Give back the full set of entries exactly, keeping each line intact.

Stored data entries
Content starts

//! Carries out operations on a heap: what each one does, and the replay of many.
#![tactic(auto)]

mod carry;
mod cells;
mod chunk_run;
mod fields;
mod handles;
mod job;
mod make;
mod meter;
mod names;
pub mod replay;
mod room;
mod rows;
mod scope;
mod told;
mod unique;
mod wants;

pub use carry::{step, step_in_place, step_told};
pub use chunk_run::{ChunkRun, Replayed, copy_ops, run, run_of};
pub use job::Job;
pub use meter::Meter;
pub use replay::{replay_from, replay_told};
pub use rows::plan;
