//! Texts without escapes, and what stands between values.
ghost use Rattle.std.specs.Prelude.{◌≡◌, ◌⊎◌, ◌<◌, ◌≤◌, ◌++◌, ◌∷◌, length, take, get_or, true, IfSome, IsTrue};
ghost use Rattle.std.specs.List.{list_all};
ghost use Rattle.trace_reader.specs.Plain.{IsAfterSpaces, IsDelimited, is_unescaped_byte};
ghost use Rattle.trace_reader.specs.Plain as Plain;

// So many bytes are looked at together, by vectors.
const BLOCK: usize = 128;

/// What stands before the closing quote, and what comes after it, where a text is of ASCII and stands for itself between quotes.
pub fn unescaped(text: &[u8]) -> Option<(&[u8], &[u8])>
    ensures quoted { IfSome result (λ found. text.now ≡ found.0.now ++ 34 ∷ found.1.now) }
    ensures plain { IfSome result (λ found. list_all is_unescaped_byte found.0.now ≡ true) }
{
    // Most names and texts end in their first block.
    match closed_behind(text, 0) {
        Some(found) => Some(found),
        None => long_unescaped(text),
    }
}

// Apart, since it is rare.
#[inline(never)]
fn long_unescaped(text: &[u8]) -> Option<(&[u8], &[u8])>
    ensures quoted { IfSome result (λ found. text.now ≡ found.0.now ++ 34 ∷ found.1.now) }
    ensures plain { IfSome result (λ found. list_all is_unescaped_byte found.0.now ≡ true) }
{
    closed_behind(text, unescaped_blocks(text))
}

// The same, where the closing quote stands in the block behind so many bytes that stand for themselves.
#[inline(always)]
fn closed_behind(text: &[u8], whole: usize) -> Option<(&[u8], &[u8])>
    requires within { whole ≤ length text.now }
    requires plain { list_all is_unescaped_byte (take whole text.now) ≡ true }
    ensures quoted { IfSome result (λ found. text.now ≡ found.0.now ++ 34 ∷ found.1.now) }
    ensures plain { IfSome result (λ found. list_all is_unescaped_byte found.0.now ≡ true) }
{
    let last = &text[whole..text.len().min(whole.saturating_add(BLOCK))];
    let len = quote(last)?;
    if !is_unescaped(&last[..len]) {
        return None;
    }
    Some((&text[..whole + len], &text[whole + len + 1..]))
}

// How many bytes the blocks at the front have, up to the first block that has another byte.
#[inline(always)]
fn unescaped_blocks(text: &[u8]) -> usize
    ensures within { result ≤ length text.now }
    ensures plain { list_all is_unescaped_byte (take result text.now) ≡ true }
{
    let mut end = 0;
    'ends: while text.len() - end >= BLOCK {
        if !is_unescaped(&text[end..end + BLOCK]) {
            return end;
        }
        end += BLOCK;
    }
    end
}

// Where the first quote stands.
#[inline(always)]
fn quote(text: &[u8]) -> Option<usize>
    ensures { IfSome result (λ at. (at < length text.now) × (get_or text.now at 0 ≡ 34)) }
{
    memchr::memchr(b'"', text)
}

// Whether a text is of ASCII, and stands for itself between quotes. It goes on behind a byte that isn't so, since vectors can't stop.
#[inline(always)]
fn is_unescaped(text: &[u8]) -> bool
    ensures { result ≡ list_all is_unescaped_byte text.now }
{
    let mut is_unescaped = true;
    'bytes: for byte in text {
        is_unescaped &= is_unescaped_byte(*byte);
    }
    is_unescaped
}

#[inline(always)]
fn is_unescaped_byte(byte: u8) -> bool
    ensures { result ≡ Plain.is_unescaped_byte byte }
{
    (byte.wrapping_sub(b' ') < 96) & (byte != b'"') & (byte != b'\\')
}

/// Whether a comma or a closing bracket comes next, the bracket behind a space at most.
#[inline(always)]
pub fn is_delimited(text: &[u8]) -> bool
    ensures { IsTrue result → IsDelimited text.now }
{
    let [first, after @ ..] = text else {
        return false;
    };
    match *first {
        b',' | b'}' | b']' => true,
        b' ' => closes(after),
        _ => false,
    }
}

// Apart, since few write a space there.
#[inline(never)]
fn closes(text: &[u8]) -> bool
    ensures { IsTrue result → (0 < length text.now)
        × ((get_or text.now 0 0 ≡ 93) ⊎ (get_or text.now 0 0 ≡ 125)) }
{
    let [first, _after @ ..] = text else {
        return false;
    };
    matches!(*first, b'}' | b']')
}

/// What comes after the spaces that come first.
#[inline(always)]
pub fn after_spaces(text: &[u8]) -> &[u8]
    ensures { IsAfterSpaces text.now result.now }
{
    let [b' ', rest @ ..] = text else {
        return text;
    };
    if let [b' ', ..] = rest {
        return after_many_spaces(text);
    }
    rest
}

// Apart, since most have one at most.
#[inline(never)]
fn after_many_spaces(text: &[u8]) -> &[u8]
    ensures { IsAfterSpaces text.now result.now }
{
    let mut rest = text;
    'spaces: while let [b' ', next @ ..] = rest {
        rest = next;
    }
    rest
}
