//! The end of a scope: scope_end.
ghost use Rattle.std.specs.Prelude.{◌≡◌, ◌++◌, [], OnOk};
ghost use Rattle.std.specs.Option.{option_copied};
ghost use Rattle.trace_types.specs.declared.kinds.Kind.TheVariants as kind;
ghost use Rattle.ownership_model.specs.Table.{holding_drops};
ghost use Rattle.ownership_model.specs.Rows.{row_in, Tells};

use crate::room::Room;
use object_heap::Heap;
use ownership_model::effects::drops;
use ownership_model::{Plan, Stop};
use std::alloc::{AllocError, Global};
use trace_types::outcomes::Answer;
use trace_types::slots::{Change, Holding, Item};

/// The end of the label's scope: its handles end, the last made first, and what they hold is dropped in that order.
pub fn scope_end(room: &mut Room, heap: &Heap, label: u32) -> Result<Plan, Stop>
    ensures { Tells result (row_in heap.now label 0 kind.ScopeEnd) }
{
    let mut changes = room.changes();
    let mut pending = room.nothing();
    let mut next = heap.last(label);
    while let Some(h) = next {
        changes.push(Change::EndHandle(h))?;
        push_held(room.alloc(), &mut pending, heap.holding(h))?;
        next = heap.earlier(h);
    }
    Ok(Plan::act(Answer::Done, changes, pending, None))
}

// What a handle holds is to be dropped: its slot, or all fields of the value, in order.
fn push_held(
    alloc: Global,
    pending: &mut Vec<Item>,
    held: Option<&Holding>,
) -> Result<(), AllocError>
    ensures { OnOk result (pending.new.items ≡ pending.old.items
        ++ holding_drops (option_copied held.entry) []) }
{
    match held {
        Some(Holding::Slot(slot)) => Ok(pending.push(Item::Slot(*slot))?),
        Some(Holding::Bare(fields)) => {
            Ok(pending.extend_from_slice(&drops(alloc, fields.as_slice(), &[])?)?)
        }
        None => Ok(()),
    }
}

Content ends

Response to this exercise
//! Carries out operations on a heap: what each one does, and the replay of many.
#![tactic(auto)]

mod carry;
mod cells;
mod chunk_run;
mod fields;
mod handles;
mod job;
mod make;
mod meter;
mod names;
pub mod replay;
mod room;
mod rows;
mod scope;
mod told;
mod unique;
mod wants;

pub use carry::{step, step_in_place, step_told};
pub use chunk_run::{ChunkRun, Replayed, copy_ops, run, run_of};
pub use job::Job;
pub use meter::Meter;
pub use replay::{replay_from, replay_told};
pub use rows::plan;
//! Texts without escapes, and what stands between values.
ghost use Rattle.std.specs.Prelude.{◌≡◌, ◌⊎◌, ◌<◌, ◌≤◌, ◌++◌, ◌∷◌, length, take, get_or, true, IfSome, IsTrue};
ghost use Rattle.std.specs.List.{list_all};
ghost use Rattle.trace_reader.specs.Plain.{IsAfterSpaces, IsDelimited, is_unescaped_byte};
ghost use Rattle.trace_reader.specs.Plain as Plain;

// So many bytes are looked at together, by vectors.
const BLOCK: usize = 128;

/// What stands before the closing quote, and what comes after it, where a text is of ASCII and stands for itself between quotes.
pub fn unescaped(text: &[u8]) -> Option<(&[u8], &[u8])>
    ensures quoted { IfSome result (λ found. text.now ≡ found.0.now ++ 34 ∷ found.1.now) }
    ensures plain { IfSome result (λ found. list_all is_unescaped_byte found.0.now ≡ true) }
{
    // Most names and texts end in their first block.
    match closed_behind(text, 0) {
        Some(found) => Some(found),
        None => long_unescaped(text),
    }
}

// Apart, since it is rare.
#[inline(never)]
fn long_unescaped(text: &[u8]) -> Option<(&[u8], &[u8])>
    ensures quoted { IfSome result (λ found. text.now ≡ found.0.now ++ 34 ∷ found.1.now) }
    ensures plain { IfSome result (λ found. list_all is_unescaped_byte found.0.now ≡ true) }
{
    closed_behind(text, unescaped_blocks(text))
}

// The same, where the closing quote stands in the block behind so many bytes that stand for themselves.
#[inline(always)]
fn closed_behind(text: &[u8], whole: usize) -> Option<(&[u8], &[u8])>
    requires within { whole ≤ length text.now }
    requires plain { list_all is_unescaped_byte (take whole text.now) ≡ true }
    ensures quoted { IfSome result (λ found. text.now ≡ found.0.now ++ 34 ∷ found.1.now) }
    ensures plain { IfSome result (λ found. list_all is_unescaped_byte found.0.now ≡ true) }
{
    let last = &text[whole..text.len().min(whole.saturating_add(BLOCK))];
    let len = quote(last)?;
    if !is_unescaped(&last[..len]) {
        return None;
    }
    Some((&text[..whole + len], &text[whole + len + 1..]))
}

// How many bytes the blocks at the front have, up to the first block that has another byte.
#[inline(always)]
fn unescaped_blocks(text: &[u8]) -> usize
    ensures within { result ≤ length text.now }
    ensures plain { list_all is_unescaped_byte (take result text.now) ≡ true }
{
    let mut end = 0;
    'ends: while text.len() - end >= BLOCK {
        if !is_unescaped(&text[end..end + BLOCK]) {
            return end;
        }
        end += BLOCK;
    }
    end
}

// Where the first quote stands.
#[inline(always)]
fn quote(text: &[u8]) -> Option<usize>
    ensures { IfSome result (λ at. (at < length text.now) × (get_or text.now at 0 ≡ 34)) }
{
    memchr::memchr(b'"', text)
}

// Whether a text is of ASCII, and stands for itself between quotes. It goes on behind a byte that isn't so, since vectors can't stop.
#[inline(always)]
fn is_unescaped(text: &[u8]) -> bool
    ensures { result ≡ list_all is_unescaped_byte text.now }
{
    let mut is_unescaped = true;
    'bytes: for byte in text {
        is_unescaped &= is_unescaped_byte(*byte);
    }
    is_unescaped
}

#[inline(always)]
fn is_unescaped_byte(byte: u8) -> bool
    ensures { result ≡ Plain.is_unescaped_byte byte }
{
    (byte.wrapping_sub(b' ') < 96) & (byte != b'"') & (byte != b'\\')
}

/// Whether a comma or a closing bracket comes next, the bracket behind a space at most.
#[inline(always)]
pub fn is_delimited(text: &[u8]) -> bool
    ensures { IsTrue result → IsDelimited text.now }
{
    let [first, after @ ..] = text else {
        return false;
    };
    match *first {
        b',' | b'}' | b']' => true,
        b' ' => closes(after),
        _ => false,
    }
}

// Apart, since few write a space there.
#[inline(never)]
fn closes(text: &[u8]) -> bool
    ensures { IsTrue result → (0 < length text.now)
        × ((get_or text.now 0 0 ≡ 93) ⊎ (get_or text.now 0 0 ≡ 125)) }
{
    let [first, _after @ ..] = text else {
        return false;
    };
    matches!(*first, b'}' | b']')
}

/// What comes after the spaces that come first.
#[inline(always)]
pub fn after_spaces(text: &[u8]) -> &[u8]
    ensures { IsAfterSpaces text.now result.now }
{
    let [b' ', rest @ ..] = text else {
        return text;
    };
    if let [b' ', ..] = rest {
        return after_many_spaces(text);
    }
    rest
}

// Apart, since most have one at most.
#[inline(never)]
fn after_many_spaces(text: &[u8]) -> &[u8]
    ensures { IsAfterSpaces text.now result.now }
{
    let mut rest = text;
    'spaces: while let [b' ', next @ ..] = rest {
        rest = next;
    }
    rest
}
//! The end of a scope: scope_end.
ghost use Rattle.std.specs.Prelude.{◌≡◌, ◌++◌, [], OnOk};
ghost use Rattle.std.specs.Option.{option_copied};
ghost use Rattle.trace_types.specs.declared.kinds.Kind.TheVariants as kind;
ghost use Rattle.ownership_model.specs.Table.{holding_drops};
ghost use Rattle.ownership_model.specs.Rows.{row_in, Tells};

use crate::room::Room;
use object_heap::Heap;
use ownership_model::effects::drops;
use ownership_model::{Plan, Stop};
use std::alloc::{AllocError, Global};
use trace_types::outcomes::Answer;
use trace_types::slots::{Change, Holding, Item};

/// The end of the label's scope: its handles end, the last made first, and what they hold is dropped in that order.
pub fn scope_end(room: &mut Room, heap: &Heap, label: u32) -> Result<Plan, Stop>
    ensures { Tells result (row_in heap.now label 0 kind.ScopeEnd) }
{
    let mut changes = room.changes();
    let mut pending = room.nothing();
    let mut next = heap.last(label);
    while let Some(h) = next {
        changes.push(Change::EndHandle(h))?;
        push_held(room.alloc(), &mut pending, heap.holding(h))?;
        next = heap.earlier(h);
    }
    Ok(Plan::act(Answer::Done, changes, pending, None))
}

// What a handle holds is to be dropped: its slot, or all fields of the value, in order.
fn push_held(
    alloc: Global,
    pending: &mut Vec<Item>,
    held: Option<&Holding>,
) -> Result<(), AllocError>
    ensures { OnOk result (pending.new.items ≡ pending.old.items
        ++ holding_drops (option_copied held.entry) []) }
{
    match held {
        Some(Holding::Slot(slot)) => Ok(pending.push(Item::Slot(*slot))?),
        Some(Holding::Bare(fields)) => {
            Ok(pending.extend_from_slice(&drops(alloc, fields.as_slice(), &[])?)?)
        }
        None => Ok(()),
    }
}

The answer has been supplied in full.